EXERCISE INSTRUCTIONS:
Write each line again exactly as it is, from the opening line of the records below through the one containing "holds no commands.", and add nothing.

◇ ◇ ◇ ◇ ◇ ◇ ◇

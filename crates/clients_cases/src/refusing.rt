//! Answers the requests of hosted cases, and refuses commands for one object.

ghost use Rattle.clients_cases.specs.Refusing.{StandsFor};

use cad_memory_ledger::MemoryReading;
use cad_stream::{Answer, Begun, JournalResponder, Part, Responder, Summary, WorkingResponder};
use cad_versions::{Command, RegisterFault};
use httparse::spans::{HeaderSpan, RequestSpans};
use std::alloc::{AllocError, Global};
use test_support::{Echo, Echoing, Units};

/// The object whose commands the database refuses.
const REFUSED: u32 = 6;

/// The revision after which the database refuses to read a journal.
const UNREAD: u64 = 6;

/// The revision after which a journal is not read since the database holds no register.
const UNFIT: u64 = 5;

/// A journal whose rows are read in turns, as many as it has commands.
#[derive(Drop)]
pub(crate) struct SlowReading {
    reading: MemoryReading,
    behind: u64,
    left: u64,
}

/// Answers like `Echo`, but refuses each command for one object and the rows of one journal as a database would.
#[derive(Drop)]
pub(crate) struct Refusing {
    echo: Echo,
}

impl Refusing {
    ghost use Rattle.std.specs.Prelude.{[]};

    /// It holds no commands.
    pub(crate) fn new(alloc: Global) -> Refusing
        ensures { StandsFor result [] }
    {
        Refusing {
            echo: Echo::new(alloc),
        }
    }
}

impl Responder for Refusing {
    ghost use Rattle.std.specs.Prelude.{codes};
    ghost use Rattle.std.proofs.Common.{◌≡◌, refl, ◌∙◌};
    ghost use Rattle.cad_versions.specs.declared.fault.RegisterFault.TheVariants.{NotARegister};
    ghost use Rattle.cad_head.specs.Request.{closes_connection as closes_connection_of};
    ghost use Rattle.test_support.specs.Echoes.{IsReply, lost_keeps};
    ghost use Rattle.clients_cases.specs.Refusing.{FailsToEnter, IsOfRefused, refused_keeps};

    ghost stands_for = { StandsFor };

    ghost counts = { λ _. Unit {0} };

    ghost lives = { λ _. Unit {0} };

    ghost fails = { λ _ _. ⊥ };

    ghost replies = { IsReply };

    ghost closes = { closes_connection_of };

    ghost bad_head = { codes "no request\n" };

    ghost asks = { λ _. Unit {0} };

    ghost seeks = { λ _ _. Unit {0} };

    ghost fails_to_answer = { λ _ _ fault. fault ≡ NotARegister };

    ghost fails_to_enter = { λ _. FailsToEnter };

    ghost refuses_answer = { λ _ _ _. ⊥ };

    ghost refuses_command = { λ _ _ command _. IsOfRefused command };

    ghost damaged_for_answer = { λ _ _ _ _ _. ⊥ };

    ghost damaged_for_command = { λ _ _ _ _ _. ⊥ };

    ghost remains = { λ old new. new ≡ old };

    ghost answer_keeps = { λ _ _. lost_keeps };

    ghost seeks_asks = { λ _ _ seeks. seeks };

    ghost enter_keeps = { λ _. refused_keeps };

    ghost remains_here = { λ _. refl };

    ghost remains_then = { λ _ _ _ first later. later ∙ first };

    ghost fails_before = { λ _ _ _ _ fails. fails };

    fn answer(
        &mut self,
        bytes: &[u8],
        headers: &[HeaderSpan],
        spans: &RequestSpans,
    ) -> Result<Answer, RegisterFault> {
        self.echo.answer(bytes, headers, spans)
    }

    fn bad_head(&self) -> Result<Vec<u8>, AllocError> {
        self.echo.bad_head()
    }

    fn enter(&mut self, command: Command) -> Result<u64, RegisterFault> {
        if command.object().number() == REFUSED {
            return Err(RegisterFault::Store);
        }
        self.echo.enter(command)
    }

    fn check(&mut self, command: &Command) -> Result<u64, RegisterFault> {
        if command.object().number() == REFUSED {
            return Err(RegisterFault::Store);
        }
        self.echo.check(command)
    }

    #[tactic(auto, using(test_support::specs::Echoes::one_echo))]
    fn one_reply() {}
}

impl WorkingResponder for Refusing {
    ghost use Rattle.test_support.specs.Echoes.{owed, left_of, done_in};

    type Work = Echoing;

    ghost owes = { owed };

    ghost remaining = { left_of };

    type Meter = Units;

    ghost spent = { done_in };

    fn begin(
        &mut self,
        bytes: &[u8],
        headers: &[HeaderSpan],
        spans: &RequestSpans,
    ) -> Result<Begun<Echoing>, RegisterFault> {
        self.echo.begin(bytes, headers, spans)
    }

    fn go_on(
        alloc: Global,
        work: Echoing,
        budget: u32,
        meter: &mut Units,
    ) -> Result<Part<Echoing>, AllocError> {
        Echo::go_on(alloc, work, budget, meter)
    }
}

impl JournalResponder for Refusing {
    ghost use Rattle.clients_cases.specs.Refusing.{HasRead, FailsToRead, IsUnread, behind_of as reading_behind, newest_of as reading_newest, rows_left as reading_left, unread_keeps};

    type Reading = SlowReading;

    ghost has_read = { HasRead };

    ghost behind_of = { reading_behind };

    ghost newest_of = { reading_newest };

    ghost rows_left = { reading_left };

    ghost fails_to_read = { λ _. FailsToRead };

    ghost refuses_reading = { λ _ _ reading _. IsUnread reading };

    ghost damaged_for_reading = { λ _ _ _ _ _ _. ⊥ };

    ghost read_keeps = { λ _. unread_keeps };

    ghost were_accepted = { λ _ _ stands. stands.accepted };

    ghost readings_are_within = { λ _ _ has. (has.behind, has.newest) };

    fn begin_journal(&self, behind: u64) -> Result<SlowReading, RegisterFault> {
        let reading = self.echo.begin_journal(behind)?;
        let left = self.echo.revision();
        Ok(SlowReading {
            reading,
            behind,
            left,
        })
    }

    fn read_on(&mut self, reading: &mut SlowReading, most: u32) -> Result<bool, RegisterFault> {
        if reading.behind == UNREAD {
            return Err(RegisterFault::Store);
        }
        if reading.behind == UNFIT {
            return Err(RegisterFault::NotARegister);
        }
        reading.left = reading.left.saturating_sub(u64::from(most));
        Ok(reading.left == 0)
    }

    fn commands(reading: SlowReading, alloc: Global) -> Result<Vec<Command>, RegisterFault> {
        Echo::commands(reading.reading, alloc)
    }

    fn summary(&self) -> Summary {
        self.echo.summary()
    }

    fn readings_stay() {
        Echo::readings_stay();
    }
}
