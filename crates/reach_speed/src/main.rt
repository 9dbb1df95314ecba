//! Times one verdict on a full table whose chain of grounds is as long as can be.
#![tactic(auto)]

use lanes::LaneCall;
use reach::{Letter, Line, View, into_pattern};
use std::io;
use std::time::Instant;
use table::Table;
use words::{Alternatives, Body, Exit, Node};

/// The pattern of place 0, to which the way is longest.
const LAST: u8 = 2;

/// A block that leads to the place below it, so that the rules stand in the worst order.
fn rung(place: u16) -> Node {
    let next = if place == 0 {
        Exit::End
    } else {
        Exit::Place(place - 1)
    };
    Node {
        pattern: if place == 0 { LAST } else { 1 },
        body: Body::Block {
            next,
            period: 1,
            alternatives: Alternatives::None,
        },
    }
}

/// A full table with a lane at place 511, from which all 512 places are come to one after another.
fn long_way() -> Table {
    let mut nodes = [None; 512];
    for (place, node) in (0..512).zip(&mut nodes) {
        *node = Some(rung(place));
    }
    let mut table = Table::cleared();
    table.nodes = nodes;
    let _ = table.lanes.call(
        0,
        LaneCall::Start {
            place: 511,
            tick: 0,
        },
    );
    table
}

fn main(rt: HostRuntime) -> io::Result<()> {
    let table = long_way();
    let view = View::from(&table);
    let mut chain = [Line::BLANK; 512];
    let before = Instant::now(&rt)?;
    let told = into_pattern(&view, LAST, &mut chain);
    let spent = before.elapsed(&rt)?.as_micros();
    eprintln!(rt; "one verdict took {spent} microseconds")?;
    let last = chain[511];
    let letter = last.letter;
    let first = last.first;
    println!(rt; "told {told:?}, on line 512 {letter:?} from {first}")
}
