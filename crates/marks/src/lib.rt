// Slot marks: the list that names a set of slots, and how many marks lie where.
#![tactic(auto)]

ghost use Rattle.std.specs.Prelude.{◌≡◌, map, ◌≤◌, length};
ghost use Rattle.common.specs.Lists.{every};
ghost use Rattle.checks.specs.Limits.{max_slots};
ghost use Rattle.marks.specs.Marks.{is_mark, marks_fault};
ghost use Rattle.marks.specs.Counts.{counts_before, marked_in, unmarked_in};
ghost use Rattle.marks.specs.Parts.{CanCount};

// Whether each mark is 0 or 1.
fn are_marks(marks: &[u8]) -> bool
    ensures { result ≡ every (map is_mark marks.now) }
{
    marks.iter().all(|mark| *mark <= 1)
}

// 11: the list is not one mark for each slot.
pub fn is_faulty(slots: usize, marks: &[u8]) -> bool
    ensures { result ≡ marks_fault slots marks.now }
{
    marks.len() != slots || !are_marks(marks)
}

// The marks counted from slot 1 on: place t has how many of the slots 1 to t are marked, and 0 past the day's last
// slot. One pass over the marks serves every window of the set.
pub fn counts_before(marks: &[u8]) -> [u32; 97]
    requires { length marks.now ≤ max_slots }
    ensures { result ≡ counts_before marks.now }
{
    let mut before = [0u32; 97];
    let mut n = 0;
    for (t, mark) in marks.iter().enumerate() {
        if *mark == 1 {
            n += 1;
        }
        before[t + 1] = n;
    }
    before
}

// |E inside Q|: the marks up to a window's last slot, less those before its first.
fn marked_in(before: &[u32; 97], release: usize, deadline: usize) -> u32
    requires { CanCount before.now release deadline }
    ensures { result ≡ marked_in before.now release deadline }
{
    before[deadline] - before[release - 1]
}

// |E outside Q|: a window's length, less the marks in it.
pub fn unmarked_in(before: &[u32; 97], release: u32, deadline: u32) -> u32
    requires { CanCount before.now release deadline }
    ensures { result ≡ unmarked_in before.now release deadline }
{
    deadline + 1 - release - marked_in(before, release as usize, deadline as usize)
}
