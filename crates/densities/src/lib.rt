// Rations spread evenly over their windows: the density of a ration is its volume divided by the length of its window.
// Where the densities of the rations in whose windows a slot is add up to no more than the blowers, in every slot, no
// more is forced into any set of slots than its blowers can make (specs/SpreadLaws.antt), and so a sound placing
// exists. To see that takes no search; where they add up to more, nothing follows.
#![tactic(auto)]

ghost use Rattle.std.specs.Prelude.{◌≡◌, ◌≤◌, max};
ghost use Rattle.std.specs.List.{fold};
ghost use Rattle.checks.specs.Limits.{max_slots};
ghost use Rattle.placing.specs.Rations.{Rations};
ghost use Rattle.placing.specs.Words.{Added};
ghost use Rattle.densities.specs.Densities.{density, CanAdd, DensitySums, DensityMost};

use checks::limits::MAX_SLOTS;
use line::layout::FIELDS;

// A density is counted in so many parts of a feeding.
pub const SCALE: u32 = 4096;

// The slots of the longest day.
const SLOTS: usize = MAX_SLOTS as usize;

// A ration's density, rounded up; `span` is how many slots its window has.
fn density_of(volume: u32, span: u32) -> u32
    requires { (1 ≤ span) × (span ≤ max_slots) × (volume ≤ span) }
    ensures { result ≡ density volume span }
{
    (SCALE * volume + (span - 1)) / span
}

// Adds so many parts, a ration's density, in each slot of its window. `placing` marks windows by a loop like this one,
// over words and by bits: a function over both would be handed all but the `for`.
fn add_density(sums: &mut [u32; SLOTS], release: usize, deadline: usize, parts: u32)
    requires { CanAdd sums.old release deadline parts }
    ensures { Added parts release deadline sums.old sums.new }
{
    for t in release - 1..deadline {
        sums[t] += parts;
    }
}

// The densities of n rations, added up slot by slot.
fn density_sums(n: usize, numbers: &[u32; 256]) -> [u32; SLOTS]
    requires { Rations max_slots n numbers.now }
    ensures { DensitySums n numbers.now result }
{
    let mut sums = [0u32; SLOTS];
    for j in 0..n {
        let at = FIELDS * j;
        let release = numbers[at + 1];
        let deadline = numbers[at + 2];
        let parts = density_of(numbers[at + 3], deadline + 1 - release);
        add_density(&mut sums, release as usize, deadline as usize, parts);
    }
    sums
}

// The greatest of some numbers, 0 of none.
fn greatest(numbers: &[u32]) -> u32
    ensures { result ≡ fold max 0 numbers.now }
{
    numbers.iter().copied().fold(0, u32::max)
}

// The greatest of the sums. What is promised is that no slot has more; that one has as much, nothing above rests on.
pub fn greatest_density(n: usize, numbers: &[u32; 256]) -> u32
    requires { Rations max_slots n numbers.now }
    ensures { DensityMost n numbers.now result }
{
    greatest(&density_sums(n, numbers))
}
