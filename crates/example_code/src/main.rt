//! What tables are built on, each in its smallest use: the order of terms, functions, what a specification means, and
//! code that a program makes itself, which is verified, run, and run over a list by several threads.
#![tactic(auto)]

use ets::code::{Code, Verified, all_forward, longest, run_list, run_true, verify};
use ets::spec::{evaluate, read_spec};
use ets::term::{Term, compare, key_hash};
use ets::text::{read_terms, write_term};
use mcode::{Builder, Frame, Instr, Places, Slots};
use prims::call;
use prims_table::{Arithmetic, Primitive};
use std::alloc::Global;
use std::cmp::Ordering;
use std::io::Write;
use std::process::ExitCode;
use std::thread::Threads;
use term_operand::Operand;

/// Two terms that are compared; the first is also hashed.
const TERMS: &[u8] = b"{1,ada}. [1,2|3].";

/// A specification, followed by an object.
const SPECIFICATION: &[u8] = b"[{{'$1','$2'},[],[{{'$2','$1'}}]}]. {1,ada}.";

/// The objects of a list.
const OBJECTS: &[u8] = b"{1,2}. {1}. a. {3,4}.";

/// Writes how the first of the two terms compares with the second, and in which of 8 slots a table has the first one as
/// a key.
fn order(alloc: Global, lines: &mut String) -> Option<()> {
    let terms = read_terms(alloc, TERMS).ok()?;
    let [first, second, ..] = terms.as_slice() else {
        return None;
    };
    let word = match compare(first, second) {
        Ordering::Less => "below",
        Ordering::Equal => "equal",
        Ordering::Greater => "above",
    };
    let slot = key_hash(first) % 8;
    writeln!(lines, "order: {word}, slot {slot}").ok()
}

/// Writes the result of a function, 7 divided by a number, or that it fails.
fn quotient(number: i64, lines: &mut String) -> Option<()> {
    let operands = [Operand::Int(7), Operand::<Global>::Int(number)];
    match call(Primitive::Arithmetic(Arithmetic::Div), &operands) {
        Some(Operand::Int(value)) => writeln!(lines, "7 div {number}: {value}").ok(),
        _ => writeln!(lines, "7 div {number}: fails").ok(),
    }
}

/// Writes a line with a term's text.
fn put_term(alloc: Global, name: &str, term: &Term, lines: &mut String) -> Option<()> {
    let mut text = Vec::new(alloc);
    write_term(term, &mut text).ok()?;
    let text = String::from_utf8(text).ok()?;
    writeln!(lines, "{name}: {text}").ok()
}

/// Writes what a specification means on an object, without any code.
fn meaning(alloc: Global, lines: &mut String) -> Option<()> {
    let terms = read_terms(alloc, SPECIFICATION).ok()?;
    let [specification, object, ..] = terms.as_slice() else {
        return None;
    };
    let specification = read_spec(alloc, specification).ok()?;
    let answer = evaluate(alloc, &specification, object).ok()??;
    put_term(alloc, "meaning", &answer, lines)
}

/// Returns code whose answer is `true` if the object is a pair: a load, a test of the size, and `true` or no answer.
fn pairs(alloc: Global) -> Option<Code> {
    let mut builder = Builder::new(alloc, 0).ok()?;
    let answer = builder.constant(Term::atom(alloc, "true").ok()?).ok()?;
    builder.instr(Instr::Load).ok()?;
    builder
        .instr(Instr::Tuple {
            size: 2,
            otherwise: 4,
        })
        .ok()?;
    builder.instr(Instr::Const { constant: answer }).ok()?;
    builder.instr(Instr::Answer).ok()?;
    builder.instr(Instr::NoAnswer).ok()?;
    let frame = Frame {
        pc: 4,
        depth: 1,
        places: Places::new(Vec::new(alloc)),
        slots: Slots::new(Vec::new(alloc)),
    };
    builder.frame(frame).ok()?;
    Some(builder.finish())
}

/// Returns how many instructions code executes at most, if each jump goes forward.
fn budget(alloc: Global, code: &Code) -> Option<u32> {
    if all_forward(code) {
        longest(alloc, code).ok()?
    } else {
        None
    }
}

/// Verifies the code and writes a line with its bounds. Code can be run only once it is verified.
fn checked(alloc: Global, lines: &mut String) -> Option<Verified> {
    let code = pairs(alloc)?;
    let budget = budget(alloc, &code)?;
    let code = verify(alloc, code).ok()?;
    let depth = code.depth();
    writeln!(lines, "pairs: budget {budget}, depth {depth}").ok()?;
    Some(code)
}

/// Writes how many of the objects have an answer, by several threads, and whether the answer on the first is `true`,
/// with the number of instructions executed.
fn answered<R: Threads + Sync>(rt: &R, alloc: Global, lines: &mut String) -> Option<()> {
    let code = checked(alloc, lines)?;
    let objects = read_terms(alloc, OBJECTS).ok()?;
    let answers = run_list(rt, alloc, &code, objects.as_slice()).ok()?;
    let count = answers.iter().filter(|answer| answer.is_some()).count();
    let (holds, executed) = run_true(alloc, &code, objects.first()?).ok()?;
    writeln!(
        lines,
        "pairs: {count} answered, the first {holds} in {executed}"
    )
    .ok()
}

/// Returns all lines.
fn lines<R: Threads + Sync>(rt: &R, alloc: Global) -> Option<String> {
    let mut lines = String::new(alloc);
    order(alloc, &mut lines)?;
    quotient(2, &mut lines)?;
    quotient(0, &mut lines)?;
    meaning(alloc, &mut lines)?;
    answered(rt, alloc, &mut lines)?;
    Some(lines)
}

fn main(rt: HostRuntime) -> ExitCode {
    let Some(lines) = lines(&rt, rt.alloc()) else {
        return ExitCode::FAILURE;
    };
    if rt.stdout().write_all(lines.as_bytes()).is_err() {
        return ExitCode::FAILURE;
    }
    ExitCode::SUCCESS
}
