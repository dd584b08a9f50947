//! Boards whose cards all stand in columns, and columns as long as a deal's.

ghost use Rattle.std.specs.Prelude.{◌≡◌, ℕ, ◌<◌, ◌↔◌, IsTrue, None, length, slice_index, count_by};
ghost use Rattle.fc_position.specs.Board.{cell, column, home};
ghost use Rattle.fc_notes.specs.Length.{AllInColumns, AreLengths, IsAsLongAsDeal, IsSixOrSeven, has_seven};

use fc_cards::Suit;
use fc_position::Position;

/// Whether no card is home or in a cell.
pub(crate) fn has_all_in_columns(start: &Position) -> bool
    ensures value { IsTrue result ↔ AllInColumns start.now }
{
    has_no_held(start) && has_no_home(start)
}

// Whether no card is in a cell.
fn has_no_held(start: &Position) -> bool
    ensures value { IsTrue result ↔ ((i : ℕ) → i < 4 → cell start.now i ≡ None) }
{
    for cell in 0..4 {
        if start.cell(cell).is_some() {
            return false;
        }
    }
    true
}

// Whether no card is home.
fn has_no_home(start: &Position) -> bool
    ensures value { IsTrue result ↔ ((s : ℕ) → s < 4 → home start.now s ≡ 0) }
{
    start.home(Suit::C) == 0
        && start.home(Suit::D) == 0
        && start.home(Suit::H) == 0
        && start.home(Suit::S) == 0
}

/// Whether four of the columns have seven cards each, and the others six; their order says nothing.
pub(crate) fn has_lengths_of_deal(start: &Position) -> bool
    ensures value { IsTrue result ↔ IsAsLongAsDeal start.now }
{
    has_sixes_and_sevens(start) && seven_count(start) == 4
}

// Whether each column has six cards or seven.
fn has_sixes_and_sevens(start: &Position) -> bool
    ensures value { IsTrue result ↔ ((i : ℕ) → i < 8 → IsSixOrSeven (length (column start.now i))) }
{
    for column in 0..8 {
        let count = start.column(column).len();
        if count != 6 && count != 7 {
            return false;
        }
    }
    true
}

// How many columns have seven cards.
fn seven_count(start: &Position) -> usize
    ensures value { result ≡ count_by has_seven start.now.columns }
{
    let mut sevens = 0;
    for column in 0..8 {
        if start.column(column).len() == 7 {
            sevens += 1;
        }
    }
    sevens
}

/// How many cards each column has.
pub(crate) fn lengths_of(start: &Position) -> [usize; 8]
    ensures value { AreLengths start.now result }
{
    [
        start.column(0).len(),
        start.column(1).len(),
        start.column(2).len(),
        start.column(3).len(),
        start.column(4).len(),
        start.column(5).len(),
        start.column(6).len(),
        start.column(7).len(),
    ]
}
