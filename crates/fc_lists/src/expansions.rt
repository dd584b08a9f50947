//! Lists in standard notation, whose entries may move sequences: their entries, and the one-card moves to which these come.

ghost use Rattle.std.specs.Prelude.{◌≡◌, ◌+◌, ◌≤◌, length, take, All, IfOk, IfErr};
ghost use Rattle.fc_moves.specs.GameRules.{IsPositionOf};
ghost use Rattle.fc_moves.specs.MoveText.{HasText};
ghost use Rattle.fc_replay.specs.Token.{move_tokens};
ghost use Rattle.fc_lists.specs.Plays.{IsExpanded, IsUnplayed, IsUnread, SpellPairs};
ghost use Rattle.fc_lists.specs.inner.Faults.{list_fault};

use crate::faults::PlayFault;
use crate::list_plays::LONGEST_MOVES;
use fc_moves::{Game, Move};
use fc_position::Position;
use fc_replay::MoveGaps;
use fc_sequences::{ListFault, Pair, expand, read_pair};
use fc_text::Tokens;
use std::alloc::Global;

/// Entries of a list that may move several cards each, and the one-card moves to which they come.
#[derive(Drop)]
pub struct Expansion {
    pub entries: Vec<Pair>,
    pub moves: Vec<Move>,
}

/// The first entries of a text, at most so many, which may move several cards, as in standard notation, and the one-card moves to which
/// they come, at most 4,294,967,295: they are played from a position of the game. Where it isn't told how many cards go to an empty
/// column, they are so many that the entries can be played.
///
/// # Errors
/// In this order: the first token that is no entry; the first step up to which no numbers of cards let the entries be played, or one up
/// to which they lead to more than 1,000 boards, or want of memory, whichever is met first; and more than 4,294,967,295 one-card moves.
pub fn expand_entries<G: Game>(
    alloc: Global,
    game: &G,
    position: &Position,
    text: &[u8],
    most: usize,
) -> Result<Expansion, PlayFault>
    requires fits { IsPositionOf (G.game game.now) position.now }
    requires short { length text.now ≤ LONGEST_MOVES }
    ensures spelled { IfOk result (λ it. SpellPairs (take most (move_tokens text.now)) it.entries.items) }
    ensures texts { IfOk result (λ it. All HasText it.moves.items) }
    ensures expanded { IfOk result (λ it. IsExpanded (G.game game.now) position.now (take most (move_tokens text.now)) it.moves.items) }
    ensures few { IfOk result (λ it. length it.moves.items ≤ 4294967295) }
    ensures fault { IfErr result (IsUnplayed (G.game game.now) position.now (take most (move_tokens text.now))) }
{
    let entries = read_pairs(alloc, text, most)?;
    let moves = match expand(alloc, game, position, entries.as_slice()) {
        Ok(moves) => moves,
        Err(fault) => return Err(list_fault(fault)),
    };
    if moves.len() > u32::MAX as usize {
        return Err(PlayFault::TooLong);
    }
    Ok(Expansion { entries, moves })
}

// The first entries of a text, at most so many.
fn read_pairs(alloc: Global, text: &[u8], most: usize) -> Result<Vec<Pair>, PlayFault>
    requires short { length text.now ≤ LONGEST_MOVES }
    ensures spelled { IfOk result (λ pairs. SpellPairs (take most (move_tokens text.now)) pairs.items) }
    ensures few { IfOk result (λ pairs. length pairs.items ≤ LONGEST_MOVES) }
    ensures fault { IfErr result (IsUnread (take most (move_tokens text.now))) }
{
    let mut pairs = Vec::new(alloc);
    for token in Tokens::new(text, MoveGaps) {
        if pairs.len() >= most {
            return Ok(pairs);
        }
        let Some(pair) = read_pair(token) else {
            return Err(no_entry(pairs.len()));
        };
        let Ok(()) = pairs.push(pair) else {
            return Err(PlayFault::Memory);
        };
    }
    Ok(pairs)
}

// The fault of a token that is no entry, behind so many that are.
pub(crate) fn no_entry(before: usize) -> PlayFault
    requires few { before ≤ LONGEST_MOVES }
    ensures value { result ≡ PlayFault.NoEntry (before + 1) }
{
    PlayFault::NoEntry(before as u32 + 1)
}

// The fault of a list that isn't expanded.
fn list_fault(fault: ListFault) -> PlayFault
    ensures value { result ≡ list_fault fault }
{
    match fault {
        ListFault::Refused(step) => PlayFault::NotAllowed(step),
        ListFault::TooMany(step) => PlayFault::TooManyWays(step),
        ListFault::Memory => PlayFault::Memory,
    }
}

◇ ◇ ◇ ◇ ◇ ◇ ◇

RESULT OF THIS EXERCISE:
filename crates/clients_cases/src/refusing.rt
//! Answers the requests of hosted cases, and refuses commands for one object.

ghost use Rattle.clients_cases.specs.Refusing.{StandsFor};

use cad_memory_ledger::MemoryReading;
use cad_stream::{Answer, Begun, JournalResponder, Part, Responder, Summary, WorkingResponder};
use cad_versions::{Command, RegisterFault};
use httparse::spans::{HeaderSpan, RequestSpans};
use std::alloc::{AllocError, Global};
use test_support::{Echo, Echoing, Units};

/// The object whose commands the database refuses.
const REFUSED: u32 = 6;

/// The revision after which the database refuses to read a journal.
const UNREAD: u64 = 6;

/// The revision after which a journal is not read since the database holds no register.
const UNFIT: u64 = 5;

/// A journal whose rows are read in turns, as many as it has commands.
#[derive(Drop)]
pub(crate) struct SlowReading {
    reading: MemoryReading,
    behind: u64,
    left: u64,
}

/// Answers like `Echo`, but refuses each command for one object and the rows of one journal as a database would.
#[derive(Drop)]
pub(crate) struct Refusing {
    echo: Echo,
}

impl Refusing {
    ghost use Rattle.std.specs.Prelude.{[]};

    /// It holds no commands.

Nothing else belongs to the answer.